One of the rarest mammals in the world, a black rhino, was just born in broad daylight at a zoo in England, and the footage is breathtaking.
For such a large newborn, the female calf landed on the soft, sandy floor of its enclosure with surprising aplomb.
In a recent press release, zookeepers at Chester Zoo in Cheshire, England said the calf has barely left her mother's side since she entered the world on Sunday, November 12.
"We'd been eagerly awaiting this birth for 15 long months and, as it's quite unusual for a rhino to give birth in daylight hours, we really didn't expect it to happen right in front of us as we were going about our day," says Chester Zoo's rhino team manager, Emma Evision.

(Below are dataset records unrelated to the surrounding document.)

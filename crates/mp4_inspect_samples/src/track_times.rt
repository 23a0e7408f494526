//! The times of tracks: their timescales, and the ends of their samples.

ghost use Rattle.std.specs.Prelude.{◌≡◌, ◌==◌, ℕ, None, Ok, Result, Some, if◌then◌else◌, IfOk, IfSome, OnOk};
ghost use Rattle.std.specs.BTreeMap.{get};
ghost use Rattle.std.specs.Option.{option_or};
ghost use Rattle.std.specs.Ordering.{nat_cmp};
ghost use Rattle.std.specs.declared.option.Option.{Option};
ghost use Rattle.mp4_frame.specs.FourCC.{four_cc_of};
ghost use Rattle.mp4_frame.specs.declared.codes.TheConstants as names;
ghost use Rattle.mp4_movie.specs.Infos.{AreInfos, IsInfo};
ghost use Rattle.mp4_movie.specs.Levels.{Found, all_in};
ghost use Rattle.mp4_movie.specs.Movies.{samples_of};
ghost use Rattle.mp4_movie.specs.Problems.{Problem, Records};
ghost use Rattle.mp4_movie.specs.declared.sample_boxes.SampleBoxes.{SampleBoxes};
ghost use Rattle.mp4_inspect_samples.specs.Segments.{end_after, end_known, known, start_by, time_after, time_if};
ghost use Rattle.mp4_inspect_samples.specs.Segments.{time_or, time_with};

use crate::durations::duration_of;
use crate::tables::tables_of;
use mp4_flat::TfdtBox;
use mp4_frame::codes::TRAK;
use mp4_io::Failure;
use mp4_movie::{BoxError, SampleBoxes, TrackFragment, TrackInfo, first_in};
use mp4_walk::{BoxWalk, Source, TreeBox};
use std::alloc::{AllocError, Global};
use std::collections::BTreeMap;

/// The times of a track.
#[derive(Clone, Copy, Debug, PartialEq, Eq)]
pub struct TrackTime {
    /// The timescale of its media, in ticks a second, if it is known.
    pub timescale: Option<u32>,
    /// The end of the samples that were read before, in that timescale, if it is known. 2^64 - 1 stands for all later
    /// times.
    pub end: Option<u64>,
}

/// The times of tracks.
#[derive(Drop)]
pub struct TrackTimes {
    /// The times of the track of each track_ID that is known.
    pub by_track: BTreeMap<u32, TrackTime>,
}

/// Returns the start of a fragment with the box `time`, if the samples of its track before it end at `end`.
pub fn start_by(time: &Option<TfdtBox>, end: Option<u64>) -> Option<u64>
    ensures { result ≡ start_by time.now end }
{
    match time {
        Some(time) => Some(time.base_media_decode_time),
        None => end,
    }
}

/// Returns the end of the samples of a track after `fragment`, if those before it end at `end`.
fn end_after(fragment: &TrackFragment, end: Option<u64>) -> Option<u64>
    ensures { result ≡ end_after fragment.now end }
{
    match start_by(&fragment.time, end) {
        Some(start) => Some(start.saturating_add(duration_of(fragment))),
        None => None,
    }
}

impl TrackTimes {
    /// Returns the times of no track.
    fn new(alloc: Global) -> TrackTimes
        ensures { (q : ℕ) → get nat_cmp result.by_track q ≡ None }
    {
        TrackTimes {
            by_track: BTreeMap::new(alloc),
        }
    }

    /// Returns the times of the track with the track_ID `track`.
    pub fn of(&self, track: u32) -> TrackTime
        ensures { result ≡ time_or (get nat_cmp self.now.by_track track) }
    {
        match self.by_track.get(&track) {
            Some(time) => *time,
            None => TrackTime {
                timescale: None,
                end: None,
            },
        }
    }

    /// Stores the times of the track with the track_ID `track`, unless they are stored.
    fn keep_first(&mut self, track: u32, time: TrackTime) -> Result<(), AllocError>
        ensures { OnOk result ((q : ℕ) → get nat_cmp self.new.by_track q
            ≡ option_or (get nat_cmp self.old.by_track q) (if track == q then Some time else None)) }
    {
        if self.by_track.contains_key(&track) {
            return Ok(());
        }
        self.by_track.insert(track, time)?;
        Ok(())
    }

    /// Stores the times of a track after `fragment`.
    pub fn enter(&mut self, fragment: &TrackFragment) -> Result<(), AllocError>
        ensures { OnOk result ((q : ℕ) → time_or (get nat_cmp self.new.by_track q)
            ≡ time_after q (time_or (get nat_cmp self.old.by_track q)) fragment.now) }
    {
        let track = fragment.header.track_id;
        let time = self.of(track);
        let next = TrackTime {
            timescale: time.timescale,
            end: end_after(fragment, time.end),
        };
        self.by_track.insert(track, next)?;
        Ok(())
    }
}

/// Returns the end of the samples of `tables`, if these could be read: 0 without tables.
fn end_by(tables: Result<Option<SampleBoxes>, BoxError>) -> Option<u64>
    ensures { (r : Result (Option SampleBoxes) Problem) → Records tables r
        → result ≡ end_known r }
{
    match tables {
        Ok(Some(boxes)) => Some(boxes.time_end()),
        Ok(None) => Some(0),
        Err(_) => None,
    }
}

/// Returns the number that was read, if it could be.
fn known(read: Result<u32, BoxError>) -> Option<u32>
    ensures { (r : Result ℕ Problem) → Records read r → result ≡ known r }
{
    match read {
        Ok(number) => Some(number),
        Err(_) => None,
    }
}

/// Returns the times of a track before its fragments. `trak` begins with the boxes inside its `trak`.
fn time_of<S: Source>(
    alloc: Global,
    walk: &mut BoxWalk<S>,
    trak: &[TreeBox],
    timescale: Result<u32, BoxError>,
) -> Result<TrackTime, Failure>
    ensures timescale { (r : Result ℕ Problem) → Records timescale r → IfOk result (λ t. t.timescale ≡ known r) }
    ensures end { IfSome walk.old.bytes (λ file. IfOk result (λ t. t.end ≡ end_known (samples_of file trak.now))) }
    ensures kept { walk.new ≡ walk.old }
{
    let tables = tables_of(alloc, walk, trak)?;
    Ok(TrackTime {
        timescale: known(timescale),
        end: end_by(tables),
    })
}

/// Stores the times of a track with the headers `info`, unless they are stored for its track_ID. `trak` begins with the
/// boxes inside its `trak`.
fn enter_track<S: Source>(
    alloc: Global,
    walk: &mut BoxWalk<S>,
    trak: &[TreeBox],
    info: TrackInfo,
    times: &mut TrackTimes,
) -> Result<(), Failure>
    ensures value { IfSome walk.old.bytes (λ file. (number : ℕ) (f : Found) → f.after ≡ trak.now
        → IsInfo file number f info
        → OnOk result ((q : ℕ) → get nat_cmp times.new.by_track q
        ≡ option_or (get nat_cmp times.old.by_track q) (time_if file q f))) }
    ensures kept { walk.new ≡ walk.old }
{
    let TrackInfo {
        number: _,
        position: _,
        track_id,
        timescale,
        handler: _,
    } = info;
    let Some(track) = known(track_id) else {
        return Ok(());
    };
    let time = time_of(alloc, walk, trak, timescale)?;
    times.keep_first(track, time)?;
    Ok(())
}

/// Returns the times of the tracks `infos` before their fragments. The first track of a track_ID counts. `movie` begins
/// with the boxes inside the `moov`.
pub fn times_of<S: Source>(
    alloc: Global,
    walk: &mut BoxWalk<S>,
    movie: &[TreeBox],
    infos: Vec<TrackInfo>,
) -> Result<TrackTimes, Failure>
    ensures value { IfSome walk.old.bytes
        (λ file. AreInfos file 0 (all_in 1 (four_cc_of names.TRAK) movie.now) infos.items
        → IfOk result (λ times. (q : ℕ) → get nat_cmp times.by_track q
        ≡ time_with file q (all_in 1 (four_cc_of names.TRAK) movie.now))) }
    ensures kept { walk.new ≡ walk.old }
{
    let mut times = TrackTimes::new(alloc);
    let mut rest = movie;
    for info in infos {
        let Some(place) = first_in(rest, 1, TRAK) else {
            return Ok(times);
        };
        enter_track(alloc, walk, place.after, info, &mut times)?;
        rest = place.after;
    }
    Ok(times)
}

"To witness the calf safely entering the world, in front of our very own eyes, was just the most incredible privilege."
The new rhino has not yet received a name, but her mother is called Zuri. Evison says the calf is healthy, well-fed, and "very inquisitive and full of energy".
Her species as a whole, however, is suffering. Black rhinos (Diceros bicornis) in Africa once used to number in the tens of thousands, and yet today, there are only around 6,500 individuals left in the wild.
Several subspecies have already gone extinct, and most of those that still exist are critically endangered due to ongoing poaching and habitat loss.
Only recently were eastern black rhinos (Diceros bicornis michaeli) pulled back from the brink of extinction.
This is the subspecies that Zuri and her calf belong to.
"Sadly this is a species that, for more than a century, has been hunted down and poached for its horn before being sold on the illegal wildlife markets," says Evison.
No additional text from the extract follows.